(Collection entries)
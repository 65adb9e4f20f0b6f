//! Many items of consecutive numbers, put into a set.

use super::call::Call;
use super::counts::{Shared, share};
use super::fills::{Fillable, fill_one_by_one};
use super::key::Key;
use super::sets::Set;
use std::alloc::AllocError;
use std::cell::Cell;
use std::ops::Range;

/// The items of a range of numbers, each of which is made when it is taken.
#[derive(Drop)]
struct NumberedItems<'l> {
    numbers: Range<u64>,
    /// The number that was taken last.
    last: &'l Cell<u64>,
    counts: Shared,
}

impl<'l> Iterator for NumberedItems<'l> {
    type Item = Key;

    ghost can_next = { λ items. ⟦<Range<u64> as Iterator>⟧.can_next items.numbers };

    ghost remaining = { λ items. ⟦<Range<u64> as Iterator>⟧.remaining items.numbers };

    fn next(&mut self) -> Option<Key> {
        let number = self.numbers.next()?;
        self.last.set(number);
        Some(Key::decimal(number, &self.counts))
    }

    fn size_hint(&self) -> (usize, Option<usize>) {
        self.numbers.size_hint()
    }
}

/// Inserts an item that a closure makes anew, and returns whether there was memory.
fn put_by_closure(set: &mut Set, item: &Key, call: &Call) -> bool {
    let guard = call.guard();
    let returned = set.get_or_insert_with(item, move |item| {
        drop(guard);
        item.again()
    });
    call.is_given(returned)
}

impl Fillable for Set {
    fn put_number(&mut self, name: &str, number: u64, call: &Call) -> bool {
        let item = Key::decimal(number, call.counts());
        call.begin();
        match name {
            "insert_if_absent" => call.is_given(self.insert_if_absent(item)),
            "replace" => call.is_given(self.replace(item)),
            "get_or_insert" => call.is_given(self.get_or_insert(item)),
            "get_or_insert_with" => put_by_closure(self, &item, call),
            _ => call.is_given(self.insert(item)),
        }
    }
}

/// Takes in the items of the numbers below a count by the call of this name, and returns whether
/// there was memory.
fn take_in(name: &str, items: NumberedItems<'_>, call: &Call, set: &mut Set) -> bool {
    match name {
        "extend" => call.is_given(set.extend(items)),
        "collect" => {
            let made: Result<Set, AllocError> = items.collect(call.alloc);
            call.is_stored(set, made)
        }
        _ => call.is_stored(set, Set::from_iter(call.alloc, items)),
    }
}

/// Takes in the items of the numbers below a count, by one call.
fn fill_at_once(set: &mut Set, count: u64, name: &str, call: &Call) {
    let last = Cell::new(0);
    let items = NumberedItems {
        numbers: 0..count,
        last: &last,
        counts: share(call.counts()),
    };
    let is_given = take_in(name, items, call, set);
    call.show_filled(is_given, count, last.get());
}

/// Fills a set by a call, up to a refusal.
pub fn fill(set: &mut Set, call: &Call) {
    let (count, name) = (call.number(), call.word());
    match name {
        "extend" | "collect" | "from_iter" => fill_at_once(set, count, name, call),
        _ => fill_one_by_one(set, count, name, call),
    }
}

Brief >>
Report, from the entries above, each line where "Takes" is found.

Task response >>
/// Takes in the items of the numbers below a count by the call of this name, and returns whether
/// Takes in the items of the numbers below a count, by one call.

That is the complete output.